# I don't get this OHM's stuff



## Guest (Dec 1, 2002)

*i don't get this OHM's stuff*

okay, i'm looking for a good amp to power two 12" Pioneer 450-watts in a sealed box. i was lookin at the sony 1,000 watt amp, and this is what it said.

300 watts RMS x 1 at 4 ohms
600 watts RMS x 1 at 2 ohms 
1000 watts RMS x 1 at 1 ohm

what gauge wire should i use to get 1 ohm, or 2 ohms, or even 4 ohms? anyone know? i always hear people confused about this and i wanna hit rock bottom and understand it!!


----------



## Guest (Dec 1, 2002)

okay, i'm looking for a good amp to power two 12" Pioneer 450-watts in a sealed box. i was lookin at the sony 1,000 watt amp, and this is what it said.

300 watts RMS x 1 at 4 ohms
600 watts RMS x 1 at 2 ohms 
1000 watts RMS x 1 at 1 ohm

what gauge wire should i use to get 1 ohm, or 2 ohms, or even 4 ohms? anyone know? i always hear people confused about this and i wanna hit rock bottom and understand it!!


----------



## Guest (Dec 1, 2002)

If you haven't bought the amp yet, don't... Sony isn't that great for car audio...


----------



## Guest (Dec 1, 2002)

yea no duh, i was using at is an example. not to be rude or anything, atleast one person responded


----------



## Joshb13sentra (May 13, 2002)

ohm is the resistance that the speaker operates at. The amp that you are useing looks to be 1 ohm stable. What is the rating on your speakers?
If you wire the speakers in parallel you will cut your resistance in half. If you wire to 8ohm subs in parallel you will get a total resistance of 4 ohms. Two 4 ohm subs in parallel will get you 2ohms. Resistance in any parallel circuit adds like this (if you have 3 circuits in parallel. Rt= total resistance, R1, 2, and 3 is the resistance of each circuit. 
1/Rt=1/R1+1/R2+1/R3
You might want to post this in the audio section to get more help
Hope this helps 
Josh


----------



## 200sxpower (Jun 4, 2002)

ohms have nothing to do with the wire... to get 1 ohm, you want to buy a 1 ohm single voice coil sub, or a dual voice coil 2 ohm sub. its all about wiring... if you wire the dual voice coil in a series, you will have 1 ohm. hope that made some sense to ya... if not, here ya go...
http://www.eatel.net/~amptech/elecdisc/spkrmlti.htm 


read that


----------



## superfro86 (May 15, 2002)

uh, you had that wrong. when you wire in series you double the ohms and when you wire in parallel you divide them in half. heres a simplier explanation
if you wire a single dual voice coil 4 ohm speaker in series you will have a 8 ohm load, if you wire them in parallel you'll have a 2 ohm load.

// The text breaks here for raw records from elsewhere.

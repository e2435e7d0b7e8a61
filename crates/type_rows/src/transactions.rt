//! Transactions and their canonical bytes.

mod altered;
mod built;
mod shown;

use basil_types::transaction::{PartFault, TransactionView};

/// Time 10, client 1, no reads, one write of x1 to a.
pub(crate) const WRITES: [u8; 18] = [
    1, 0, 0, 0, 0, 0, 0, 0, 10, 1, 0, 1, 1, 0x61, 0, 2, 0x78, 0x31,
];

/// Time 20, client 2, no reads, the deletion of a.
pub(crate) const DELETES: [u8; 15] = [2, 0, 0, 0, 0, 0, 0, 0, 20, 2, 0, 1, 1, 0x61, 0];

/// What is said of the transaction from a place on; of a place past the end nothing.
pub(crate) fn verdict(bytes: &[u8], at: usize) -> Result<(), PartFault> {
    if at > bytes.len() {
        return Ok(());
    }
    match TransactionView::read(bytes, at) {
        Ok(_view) => Ok(()),
        Err(fault) => Err(fault),
    }
}
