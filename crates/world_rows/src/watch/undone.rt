//! Frames that are seen again, and taken back.

ghost use Rattle.frame_views.specs.Fitting.{IsSpoken};
ghost use Rattle.frame_views.specs.Shown.{message_of};

use crate::watch::frames::{SAMPLES, Sample};
use crate::watch::seen::{cluster_of, note_but};
use basil_types::cluster::Cluster;
use frame_views::frames::{MessageView, check};
use keyring::plain::PlainKeys;
use premise_watch::faulty::Faulty;
use premise_watch::watch::Watch;
use std::alloc::Global;
use std::test::Fail;

/// Whether a frame whose words are noted is seen twice, and once more after it was taken back.
fn is_seen_again(watch: &mut Watch, cluster: &Cluster, m: &MessageView<'_>) -> Result<bool, Fail>
    requires { IsSpoken (message_of m.now) }
{
    note_but(watch, m, usize::MAX, usize::MAX)?;
    let keys = PlainKeys::new(cluster);
    let faulty = Faulty::new();
    let twice = watch.see(&keys, &faulty, m).is_ok() && watch.see(&keys, &faulty, m).is_ok();
    watch.undo();
    watch.undo();
    Ok(twice && watch.see(&keys, &faulty, m).is_ok())
}

fn is_row_seen(alloc: Global, watch: &mut Watch, sample: &Sample) -> Result<bool, Fail> {
    let cluster = cluster_of(sample)?;
    let frame = hex::decode(alloc, sample.frame)?;
    match check(&frame, &cluster) {
        Ok(m) => is_seen_again(watch, &cluster, &m),
        Err(_) => Ok(false),
    }
}

/// Whether this is so of each sample, before one watch.
fn are_seen_again(alloc: Global, watch: &mut Watch) -> Result<bool, Fail> {
    for sample in SAMPLES {
        if !is_row_seen(alloc, watch, sample)? {
            return Ok(false);
        }
    }
    Ok(true)
}

/// One watch sees all frames, and some transactions in several of them. What was noted stays when a frame is taken
/// back.
#[test]
fn texts_are_seen_again(rt: HostRuntime) -> Result<(), Fail> {
    let mut watch = Box::new(rt.alloc(), Watch::new(rt.alloc()))?;
    assert!(rt; are_seen_again(rt.alloc(), &mut watch)?);
    Ok(())
}
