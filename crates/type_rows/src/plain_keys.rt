//! The plain keys of a replay.

use basil_types::cluster::Cluster;
use basil_types::party::Party;
use keyring::laws::sign_and_ask;
use keyring::plain::{PlainKeys, PlainPen, seed_of};
use keyring::signer::Signer;
use keyring::verifier::Verifier;
use std::test::Fail;

// SHA-256 of 52 00 00, by sha256sum.
const SEED: [u8; 32] = [
    0x44, 0x20, 0x7d, 0x21, 0x03, 0x48, 0x1d, 0x8c, 0x66, 0x80, 0x55, 0xa4, 0xec, 0x4b, 0x0a, 0x32,
    0x4a, 0x4e, 0x53, 0x30, 0x42, 0x8a, 0x97, 0x14, 0x5b, 0x2c, 0x6c, 0xb6, 0xa5, 0xeb, 0x25, 0x26,
];

// SHA-256 of 43 00 01, by sha256sum.
const CLIENT_SEED: [u8; 32] = [
    0xb1, 0xcc, 0xed, 0xfa, 0xda, 0xf7, 0x6d, 0x32, 0xd3, 0xe5, 0xd5, 0x69, 0xd5, 0x6a, 0xd0, 0x04,
    0x47, 0x08, 0x52, 0x53, 0xda, 0x6b, 0x68, 0x11, 0x8c, 0x15, 0x01, 0x1e, 0x62, 0xae, 0x42, 0xd6,
];

// SHA-256 of the first seed followed by the one byte 07, by sha256sum.
const SIGNATURE: [u8; 32] = [
    0xc6, 0x2c, 0x14, 0x1b, 0x4f, 0xf8, 0x9c, 0x7d, 0x98, 0x59, 0x3e, 0x4f, 0x13, 0x7d, 0x62, 0x26,
    0x07, 0x66, 0x8b, 0xbf, 0x47, 0xff, 0x18, 0x91, 0x4a, 0x3d, 0x14, 0xe3, 0x63, 0xf7, 0xa6, 0x0e,
];

const REPLICA: Party = Party::Replica { shard: 0, index: 0 };

const CLIENT: Party = Party::Client { number: 1 };

/// Parties and their seeds.
const SEEDS: &[(Party, [u8; 32])] = &[(REPLICA, SEED), (CLIENT, CLIENT_SEED)];

#[test]
fn a_seed_is_a_digest_of_its_party(rt: HostRuntime) -> Result<(), Fail> {
    for &(party, seed) in SEEDS {
        assert!(rt; seed_of(party) == seed);
    }
    Ok(())
}

/// Parties, messages, and whether the replica's signature of the byte 07 is accepted of them.
const ASKED: &[(Party, &[u8], bool)] = &[
    // The signer and its message.
    (REPLICA, &[7], true),
    // Another message.
    (REPLICA, &[8], false),
    // Another party.
    (CLIENT, &[7], false),
];

#[test]
fn a_signature_is_of_one_party_and_message(rt: HostRuntime) -> Result<(), Fail> {
    let cluster = Cluster::new(0, 1, 1, 100)?;
    let keys = PlainKeys::new(&cluster);
    for &(party, message, accepted) in ASKED {
        assert!(rt; keys.accepts(party, message, &SIGNATURE) == accepted);
    }
    Ok(())
}

/// A pen gives the signature of its party, which is accepted, and has one fewer left.
#[test]
fn a_plain_pen_signs(rt: HostRuntime) -> Result<(), Fail> {
    let cluster = Cluster::new(0, 1, 1, 100)?;
    let keys = PlainKeys::new(&cluster);
    let mut pen = PlainPen::new(REPLICA);
    let mut out = [0u8; 32];
    assert!(rt; pen.party() == REPLICA);
    assert!(rt; pen.size() == out.len());
    assert!(rt; sign_and_ask(&keys, &mut pen, &[7], &mut out).is_ok());
    assert!(rt; out == SIGNATURE);
    assert!(rt; pen.left() == u64::MAX - 1);
    Ok(())
}
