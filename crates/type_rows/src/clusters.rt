//! Clusters: what is refused, and the sizes of quorums.

use basil_types::cluster::{Cluster, ClusterFault};
use std::test::Fail;

fn refusal(f: u8, shards: u8, reads: u8) -> Option<ClusterFault> {
    match Cluster::new(f, shards, reads, 100) {
        Ok(_cluster) => None,
        Err(fault) => Some(fault),
    }
}

/// Faulty replicas, shards and replies of a read, and what is refused.
const REFUSALS: &[(u8, u8, u8, Option<ClusterFault>)] = &[
    // The smallest cluster, and the largest.
    (0, 1, 1, None),
    (6, 8, 25, None),
    // f is above 6, and is named first, though shards and reads are out of range too.
    (7, 0, 0, Some(ClusterFault::FOutOfRange)),
    // There is no shard, which is named before reads, out of range too.
    (1, 0, 0, Some(ClusterFault::ShardsOutOfRange)),
    // shards is above 8.
    (1, 9, 2, Some(ClusterFault::ShardsOutOfRange)),
    // With f = 1 reads is 2 to 5.
    (1, 1, 1, Some(ClusterFault::ReadsOutOfRange)),
    (1, 1, 6, Some(ClusterFault::ReadsOutOfRange)),
    // With f = 0 reads is 1.
    (0, 1, 0, Some(ClusterFault::ReadsOutOfRange)),
];

#[test]
fn the_first_field_out_of_range_is_named(rt: HostRuntime) {
    for &(f, shards, reads, fault) in REFUSALS {
        assert!(rt;
            refusal(f, shards, reads) == fault,
            "f {f}, {shards} shards, {reads} reads"
        );
    }
}

/// Faulty replicas and replies of a read; then 5f+1, 5f+1, 3f+1, f+1, 3f+1, 4f+1 and 2f+1.
const SIZES: &[(u8, u8, [u8; 7])] = &[
    // One replica decides alone.
    (0, 1, [1, 1, 1, 1, 1, 1, 1]),
    // Six replicas, one of them faulty.
    (1, 5, [6, 6, 4, 2, 4, 5, 3]),
    // The most replicas that a shard has.
    (6, 25, [31, 31, 19, 7, 19, 25, 13]),
];

#[test]
fn clusters_have_their_sizes(rt: HostRuntime) -> Result<(), Fail> {
    for &(f, reads, sizes) in SIZES {
        let cluster = Cluster::new(f, 8, reads, 100)?;
        let found = [
            cluster.n(),
            cluster.fast_commit(),
            cluster.commit_tally(),
            cluster.abort_tally(),
            cluster.fast_abort(),
            cluster.log_quorum(),
            cluster.majority(),
        ];
        assert!(rt; found == sizes, "f {f}");
    }
    Ok(())
}
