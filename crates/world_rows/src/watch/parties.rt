//! Which parties may be faulty.

use basil_types::cluster::Cluster;
use basil_types::party::Party;
use premise_watch::faulty::Faulty;
use std::test::Fail;

const R00: Party = Party::Replica { shard: 0, index: 0 };

const R01: Party = Party::Replica { shard: 0, index: 1 };

const R05: Party = Party::Replica { shard: 0, index: 5 };

const R10: Party = Party::Replica { shard: 1, index: 0 };

const R15: Party = Party::Replica { shard: 1, index: 5 };

const C1: Party = Party::Client { number: 1 };

const C5: Party = Party::Client { number: 5 };

const C16: Party = Party::Client { number: 16 };

/// A cluster's f, and parties in the order in which they are added, each with the answer.
type Row = (u8, &'static [(Party, bool)]);

const ROWS: &[Row] = &[
    // nobody twice, and no second replica of a shard
    (
        1,
        &[
            (R00, true),
            (R00, false),
            (R01, false),
            (R15, true),
            (R10, false),
            (R00, false),
        ],
    ),
    // no third one
    (
        2,
        &[
            (R05, true),
            (R00, true),
            (R01, false),
            (R10, true),
            (R15, true),
            (R05, false),
        ],
    ),
    // no replica at all, and every client once
    (
        0,
        &[
            (R00, false),
            (C1, true),
            (C16, true),
            (C1, false),
            (C5, true),
            (R10, false),
            (C16, false),
        ],
    ),
    // clients don't count as replicas
    (
        1,
        &[
            (C1, true),
            (C5, true),
            (R05, true),
            (C5, false),
            (R15, true),
            (C16, true),
        ],
    ),
];

/// Adds parties up to the first answer that differs. How many come before it.
fn added(faulty: &mut Faulty, cluster: &Cluster, parties: &[(Party, bool)]) -> usize {
    let mut place = 0usize;
    for (party, answer) in parties {
        let was_there = faulty.has(*party);
        if faulty.add(*party, cluster) != *answer || faulty.has(*party) != (was_there || *answer) {
            return place;
        }
        place = place.wrapping_add(1);
    }
    place
}

fn are_added(row: &Row) -> Result<bool, Fail> {
    let cluster = Cluster::new(row.0, 2, row.0.wrapping_add(1), 100)?;
    let mut faulty = Faulty::new();
    Ok(added(&mut faulty, &cluster, row.1) == row.1.len())
}

#[test]
fn at_most_f_replicas_of_a_shard_are_faulty(rt: HostRuntime) -> Result<(), Fail> {
    for row in ROWS {
        assert!(rt; are_added(row)?);
    }
    Ok(())
}

/// Adds the clients from 1 on, so many. How many are taken.
fn clients_taken(faulty: &mut Faulty, cluster: &Cluster) -> u8 {
    let mut count = 0u8;
    for number in 1..17u8 {
        if faulty.add(Party::Client { number }, cluster) {
            count = count.wrapping_add(1);
        }
    }
    count
}

#[test]
fn every_client_may_be_faulty(rt: HostRuntime) -> Result<(), Fail> {
    let cluster = Cluster::new(1, 1, 2, 100)?;
    let mut faulty = Faulty::new();
    assert!(rt; clients_taken(&mut faulty, &cluster) == 16);
    assert!(rt; clients_taken(&mut faulty, &cluster) == 0);
    Ok(())
}
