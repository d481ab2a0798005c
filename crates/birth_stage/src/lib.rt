// The births of a batch: one walk over its detections in order, which are taken, and what becomes of the others.
#![tactic(auto)]

ghost use Rattle.std.specs.Prelude.{◌≡◌};
ghost use Rattle.number.specs.Reply.{reply_by};
ghost use Rattle.types.specs.Refusals.{number_of};
ghost use Rattle.types.specs.States.{state_of, over_state};
ghost use Rattle.calls.specs.Births.{updated, spawned, unmatched, births_of, with_candidates};
ghost use Rattle.calls.specs.Process.{association_of};
ghost use Rattle.birth_candidates.specs.Candidates.{list_of};
ghost use Rattle.spawning.specs.Ruling.{places_of};
ghost use Rattle.association.specs.Told.{columns_from};
ghost use Rattle.birth_stage.specs.Walk.{candidates_in, births_after, after_walk};

use association::Pair;
use birth_candidates::Candidates;
use detections::Detection;
use spawning::ruling::Places;
use types::batch::{ObservationAssociation, ObservationOutcome};
use types::refusal::Refusal;
use types::tracker::Cartesian3DTracker;
use types::{MAX_OBSERVATIONS, MAX_SEQUENCES, MAX_TRACKS};

pub mod one;

// The tracker after the births of a batch, and what is told of each detection.
#[derive(Clone, Copy)]
pub struct Walked {
    pub tracker: Cartesian3DTracker,
    pub associations: [ObservationAssociation; MAX_OBSERVATIONS],
}

pub fn alone(j: usize) -> ObservationAssociation
    ensures { result ≡ association_of j unmatched }
{
    ObservationAssociation {
        observation_index: j,
        track_id: None,
        outcome: ObservationOutcome::Unmatched,
        cost: None,
    }
}

pub fn paired(j: usize, id: u64, cost: f64) -> ObservationAssociation
    ensures { result ≡ association_of j (updated (record { track = id; cost = cost })) }
{
    ObservationAssociation {
        observation_index: j,
        track_id: Some(id),
        outcome: ObservationOutcome::Updated,
        cost: Some(cost),
    }
}

pub fn begun(j: usize, id: u64) -> ObservationAssociation
    ensures { result ≡ association_of j (spawned id) }
{
    ObservationAssociation {
        observation_index: j,
        track_id: Some(id),
        outcome: ObservationOutcome::Spawned,
        cost: None,
    }
}

// The tracker's candidates by themselves.
fn candidates_of(t: &Cartesian3DTracker) -> Candidates
    ensures { result ≡ candidates_in t.now }
{
    let items = t.candidates;
    Candidates {
        items,
        count: t.candidate_count,
    }
}

// The tracker with these candidates in the first places of its own, and counts that are no more than there are places.
fn settled(mut s: Cartesian3DTracker, kept: &Candidates) -> Cartesian3DTracker
    ensures { result ≡ over_state s (with_candidates (list_of kept.now) (state_of s)) }
{
    let held = candidates_of(&s);
    let laid = held.laid(kept);
    let items = laid.items;
    s.candidates = items;
    s.candidate_count = laid.count;
    s.track_count = tables::taken(s.track_count, MAX_TRACKS);
    s.sequence_count = tables::taken(s.sequence_count, MAX_SEQUENCES);
    s
}

// The births among m detections, on a tracker whose candidates are c. They are laid back at the end, so that one that was added and left again leaves nothing behind the count.
// Arrays and their count stand side by side, here and below, as the batch and its pairing have them, where the count may be anything.
pub fn walk(
    t: Cartesian3DTracker,
    c: Candidates,
    places: &Places,
    observations: [Detection; MAX_OBSERVATIONS],
    pairs: [Option<Pair>; MAX_OBSERVATIONS],
    m: usize,
    time: i64,
    sensor: u32,
) -> Result<Walked, Refusal>
    ensures { reply_by number_of result ≡ after_walk t (births_of t.config sensor time (places_of places.now) (columns_from m pairs observations) (with_candidates (list_of c) (state_of t))) }
{
    let config = t.config;
    let n = tables::taken(m, MAX_OBSERVATIONS);
    let blank = alone(0);
    let mut associations = [blank; MAX_OBSERVATIONS];
    let mut s = t;
    let mut kept = c;
    // By index: each turn tells its place, so that a `zip` of the two arrays' first places would be counted as well, and is no plainer.
    for j in 0..n {
        if let Some(p) = pairs[j] {
            associations[j] = paired(j, p.track, p.cost);
            continue;
        }
        let d = observations[j];
        let k = tables::taken(s.track_count, MAX_TRACKS);
        let id = s.next_track_id;
        let x = one::consider(&kept, d, places, k, id, time, sensor, config)?;
        kept = x.candidates;
        let Some(track) = x.begun else {
            associations[j] = alone(j);
            continue;
        };
        s.tracks[k] = track;
        s.track_count = k + 1;
        s.next_track_id = id + 1;
        associations[j] = begun(j, id);
    }
    let tracker = settled(s, &kept);
    Ok(Walked {
        tracker,
        associations,
    })
}

// The births of a batch on a tracker whose tracks are predicted and updated: old candidates go first.
pub fn births(
    t: Cartesian3DTracker,
    observations: [Detection; MAX_OBSERVATIONS],
    pairs: [Option<Pair>; MAX_OBSERVATIONS],
    m: usize,
    time: i64,
    sensor: u32,
) -> Result<Walked, Refusal>
    ensures { reply_by number_of result ≡ after_walk t (births_after t.config sensor time (columns_from m pairs observations) (state_of t)) }
{
    let candidates = candidates_of(&t).age_by(time, t.config)?;
    let places = spawning::ruling::confirmed_places(t);
    walk(t, candidates, &places, observations, pairs, m, time, sensor)
}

when you wire up multiple dual voice coil speakers to one channel in a amp you wire them up either parallel parallel or series parallel.
parallel parallel means you divide the ohm load of the speakers by 2 and then by the number of speakers
ex. you have 2 four ohm speakers, so you will have a 2 ohm load then divide it by the number of speakers which is 2 so then you have a 1ohm load.


----------



## ccroaddog (Jun 20, 2002)

DA5785 said:


> *okay, i'm looking for a good amp to power two 12" Pioneer 450-watts in a sealed box. i was lookin at the sony 1,000 watt amp, and this is what it said.
> 
> 300 watts RMS x 1 at 4 ohms
> 600 watts RMS x 1 at 2 ohms
> ...


ok first thing first you will not get 1000 watts out of that sony amp. Those subs are ok subs so i say get between a 250 to 400 watt amp. The only reason why i say 250 watt is cause i think those subs are only about 150 to 180 rms each. And as far as what guage wire most likely depending on what amp you buy 8 guage should work fine...just know if you run 4 guage that it will options to upgrade in the future. Stop by Car Toys on south hill but not best buy and if you want circuit city in fed way can help ya


----------



## Guest (Dec 14, 2002)

DA5785,

I think the first question we need to ask is are you talking about speaker wire or the power and ground for the amp?


----------



## Ninety-Nine SE-L (May 5, 2002)

well, if he's talking about getting a certain wattage from the amp to the speaker, then he's talking about the speaker wire.


----------



## ccroaddog (Jun 20, 2002)

here's some help again



2 8ohms subs make 4ohms on a mono block

2 4ohms subs make 4ohms on a mono block amp

and if you take 3 4ohm subs that makes 1.5 or 1.3 ohms i think


----------



## nak1 (May 17, 2002)

your wire will make absoloutly no difference when it comes to the OHM rating of the subs and the impedance level of the amp! 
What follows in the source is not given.